Probation reforms 'will be unsuccessful if no voluntary organisations win contracts'

Senior civil servant Antonia Romeo tells the Third Sector Impact Measurement Conference the Ministry of Justice wants credible bids from the sector

MoJ: seeking credible bids
MoJ: seeking credible bids

The government’s rehabilitation reforms will not have been a success if no voluntary sector organisations win contracts to become prime providers, a senior civil servant said yesterday.

Speaking at the Third Sector Impact Measurement conference in London yesterday, Antonia Romeo, director of the criminal justice group at the Ministry of Justice, said: "We hope there are really creditable bids from the voluntary, community and social enterprise sector to win tier-one contracts.

"We think that if we don’t have any VCSE providers at tier one, this project will not have been a success."

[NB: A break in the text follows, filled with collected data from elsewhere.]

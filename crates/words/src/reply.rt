//! Replies: `done`, `error 2 40`, `error 2 40 at 5:1 77`, `values enum 1, null`,
//! `many [5:1 85 = enum 1; 87/17 ! 2 42]`.

ghost use Rattle.std.specs.Prelude.{◌≡◌, ◌⊎◌, ◌++◌, IfOk, IfErr, None, option_map};
ghost use Rattle.words.specs.Replies.{IsBracketed, NoBracketed, NoBrackets, NoEachResult, NoError, NoErrorReply};
ghost use Rattle.words.specs.Replies.{NoKind, NoNamedError, NoObjects, NoRefusal, NoReply, NoResult, NoResults};
ghost use Rattle.words.specs.Replies.{NoValuesRead, SaysBracketed, SaysEachResult, SaysError, SaysErrorReply, SaysKind};
ghost use Rattle.words.specs.Replies.{SaysNamedError, SaysObjects, SaysRefusal, SaysReply, SaysResult, SaysResults};
ghost use Rattle.words.specs.Replies.{SaysValuesRead};

use crate::octets::parse_u32;
use crate::parts::{cut_at, cut_first};
use crate::reference::{parse_object, parse_reference};
use crate::unread::Unread;
use crate::value::{given_values, parse_values};
use primitives::{
    ErrorClass, ErrorCode, ObjectResults, PropertyReference, PropertyResult, Reply, Values,
};
use std::alloc::Allocator;
use tags::Items;

/// The reply that words say, with a spelling or without.
///
/// # Errors
/// `Memory`, or what is missing of the words.
#[tactic(auto, using(crate::proofs::Replies::reply_laws))]
pub fn parse_any_reply<A: Allocator + Copy>(alloc: A, words: &str) -> Result<Reply<A>, Unread>
    ensures read { IfOk result (SaysReply words.now) }
    ensures refused { IfErr result (λ e. (e ≡ Unread.Memory) ⊎ NoReply A words.now) }
{
    let (kind, rest) = cut_first(words, " ");
    match rest {
        Some("") => Err(Unread::Reply),
        Some(rest) => reply_behind(alloc, kind, rest),
        None => bare_reply(alloc, kind),
    }
}

/// The reply that a kind alone says.
#[tactic(auto, using(crate::proofs::Replies::bare_laws))]
fn bare_reply<A: Allocator + Copy>(alloc: A, kind: &str) -> Result<Reply<A>, Unread>
    ensures read { IfOk result (SaysKind kind.now None) }
    ensures refused { IfErr result (λ e. NoKind A kind.now None) }
{
    match kind {
        "values" => Ok(Reply::Values(Items::new(alloc))),
        "many" => Ok(Reply::Many(Items::new(alloc))),
        "done" => Ok(Reply::Done),
        _ => Err(Unread::Reply),
    }
}

/// The reply that a kind and the words behind it say.
#[tactic(auto, using(crate::proofs::Replies::kind_laws))]
fn reply_behind<A: Allocator + Copy>(alloc: A, kind: &str, words: &str) -> Result<Reply<A>, Unread>
    ensures read { IfOk result (SaysKind kind.now (Some words.now)) }
    ensures refused { IfErr result (λ e. (e ≡ Unread.Memory) ⊎ NoKind A kind.now (Some words.now)) }
{
    match kind {
        "values" => Ok(Reply::Values(given_values(alloc, Some(words))?)),
        "many" => Ok(Reply::Many(many(alloc, words)?)),
        "error" => error(words),
        _ => Err(Unread::Reply),
    }
}

/// A class and a code, as `2 40`.
#[tactic(auto, using(crate::proofs::Replies::error_laws))]
fn class_and_code(words: &str) -> Result<(ErrorClass, ErrorCode), Unread>
    ensures read { IfOk result (λ e. SaysError words.now e.0 e.1) }
    ensures refused { IfErr result (λ e. NoError words.now) }
{
    let Some((class, code)) = cut_at(words, ' ') else {
        return Err(Unread::Reply);
    };
    let class = parse_u32(class)?;
    let code = parse_u32(code)?;
    Ok((ErrorClass::from(class), ErrorCode::from(code)))
}

/// A class and a code, and the write that failed where one is named, as `2 40 at 5:1 77`.
#[tactic(auto, using(crate::proofs::Replies::at_laws))]
fn error<A: Allocator>(words: &str) -> Result<Reply<A>, Unread>
    ensures read { IfOk result (SaysErrorReply words.now) }
    ensures refused { IfErr result (λ e. NoErrorReply A words.now) }
{
    let (front, place) = cut_first(words, " at ");
    let Some(place) = place else {
        let (class, code) = class_and_code(words)?;
        return Ok(Reply::Error(class, code));
    };
    named_error(front, place)
}

/// A class and a code, and the write that failed.
#[tactic(auto, using(crate::proofs::Replies::named_laws))]
fn named_error<A: Allocator>(front: &str, place: &str) -> Result<Reply<A>, Unread>
    ensures read { IfOk result (SaysNamedError front.now place.now) }
    ensures refused { IfErr result (λ e. NoNamedError A front.now place.now) }
{
    let Some((id, word)) = cut_at(place, ' ') else {
        return Err(Unread::Reply);
    };
    let (class, code) = class_and_code(front)?;
    let object = parse_object(id)?;
    let PropertyReference { property, index } = parse_reference(word)?;
    Ok(Reply::ErrorAt {
        class,
        code,
        object,
        property,
        index,
    })
}

/// What was read of several objects, each within brackets.
#[tactic(auto, using(crate::proofs::Replies::many_laws))]
fn many<A: Allocator + Copy>(alloc: A, words: &str) -> Result<Items<ObjectResults<A>, A>, Unread>
    ensures read { IfOk result (SaysBracketed words.now) }
    ensures refused { IfErr result (λ e. (e ≡ Unread.Memory) ⊎ NoBracketed A words.now) }
{
    let inner = within_brackets(words)?;
    all_results(alloc, inner)
}

/// What was read of several objects, parted by `] [`.
#[tactic(auto, using(crate::proofs::Replies::list_laws))]
fn all_results<A: Allocator + Copy>(
    alloc: A,
    words: &str,
) -> Result<Items<ObjectResults<A>, A>, Unread>
    ensures read { IfOk result (SaysObjects words.now) }
    ensures refused { IfErr result (λ e. (e ≡ Unread.Memory) ⊎ NoObjects A words.now) }
{
    let mut all = Items::new(alloc);
    let mut rest = Some(words);
    while let Some(here) = rest {
        let (one, others) = cut_first(here, "] [");
        all.push(results(alloc, one)?)?;
        rest = others;
    }
    Ok(all)
}

/// What stands between a bracket at the front and one at the end.
#[tactic(auto, using(crate::proofs::Replies::bracket_laws))]
fn within_brackets(words: &str) -> Result<&str, Unread>
    ensures read { IfOk result (λ inner. IsBracketed words.entry.now inner.now) }
    ensures refused { IfErr result (λ e. NoBrackets words.entry.now) }
{
    let Some(rest) = words.strip_prefix('[') else {
        return Err(Unread::Reply);
    };
    match rest.strip_suffix(']') {
        Some(inner) => Ok(inner),
        None => Err(Unread::Reply),
    }
}

/// What was read of an object, as `5:1 85 = enum 1; 87/17 ! 2 42`.
#[tactic(auto, using(crate::proofs::Replies::results_laws))]
fn results<A: Allocator + Copy>(alloc: A, words: &str) -> Result<ObjectResults<A>, Unread>
    ensures read { IfOk result (SaysResults words.now) }
    ensures refused { IfErr result (λ e. (e ≡ Unread.Memory) ⊎ NoResults A words.now) }
{
    let (id, rest) = cut_first(words, " ");
    let results = each_result(alloc, rest)?;
    Ok(ObjectResults {
        object: parse_object(id)?,
        results,
    })
}

/// What was read of the properties of an object, parted by `; `, if there are words.
#[tactic(auto, using(crate::proofs::Replies::list_laws))]
fn each_result<A: Allocator + Copy>(
    alloc: A,
    words: Option<&str>,
) -> Result<Items<PropertyResult<A>, A>, Unread>
    ensures read { IfOk result (SaysEachResult (option_map (λ w. w.now) words.entry)) }
    ensures refused { IfErr result (λ e. (e ≡ Unread.Memory) ⊎
        NoEachResult A (option_map (λ w. w.now) words.entry)) }
{
    let mut all = Items::new(alloc);
    let mut rest = words;
    while let Some(here) = rest {
        let (one, others) = cut_first(here, "; ");
        all.push(property_result(alloc, one)?)?;
        rest = others;
    }
    Ok(all)
}

/// What was read of a property, or why nothing was, as `85 = enum 1` or `87/17 ! 2 42`.
#[tactic(auto, using(crate::proofs::Replies::result_laws))]
fn property_result<A: Allocator + Copy>(alloc: A, words: &str) -> Result<PropertyResult<A>, Unread>
    ensures read { IfOk result (SaysResult words.now) }
    ensures refused { IfErr result (λ e. (e ≡ Unread.Memory) ⊎ NoResult A words.now) }
{
    let (place, given) = cut_first(words, " = ");
    let Some(given) = given else {
        return property_error(words);
    };
    property_values(alloc, place, given)
}

/// The values that were read of a property.
#[tactic(auto, using(crate::proofs::Replies::read_laws))]
fn property_values<A: Allocator + Copy>(
    alloc: A,
    place: &str,
    given: &str,
) -> Result<PropertyResult<A>, Unread>
    ensures read { IfOk result (SaysValuesRead place.now given.now) }
    ensures refused { IfErr result (λ e. (e ≡ Unread.Memory) ⊎ NoValuesRead A place.now given.now) }
{
    let values = parse_values(alloc, given)?;
    let PropertyReference { property, index } = parse_reference(place)?;
    Ok(PropertyResult {
        property,
        index,
        result: Ok(values),
    })
}

/// Why nothing was read of a property, as `87/17 ! 2 42`.
#[tactic(auto, using(crate::proofs::Replies::refusal_laws))]
fn property_error<A: Allocator>(words: &str) -> Result<PropertyResult<A>, Unread>
    ensures read { IfOk result (SaysRefusal words.now) }
    ensures refused { IfErr result (λ e. NoRefusal A words.now) }
{
    let (place, error) = cut_first(words, " ! ");
    let Some(error) = error else {
        return Err(Unread::Reply);
    };
    let error = class_and_code(error)?;
    let PropertyReference { property, index } = parse_reference(place)?;
    Ok(PropertyResult {
        property,
        index,
        result: Err(error),
    })
}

The government is planning to replace 35 probation trusts, which provide supervision to medium and low-risk offenders, with a network of 21 privately contracted providers. The scheme will contain both a fixed-fee probation element – which will make up the bulk of the contract – and a payment-by-results element, aimed at reducing reoffending, which is likely to be a relatively small amount of the whole.

Romeo said the government had introduced a number of measures to support voluntary sector organisations working with prisoners and to make it easier for sector organisations to win contracts.

"Voluntary sector organisations are absolutely essential to what we’re trying to do," she said. "Opening up the market is the key purpose of these reforms.

"Think about what partnerships you can form, formal or informal, including consortia, in order to deliver services."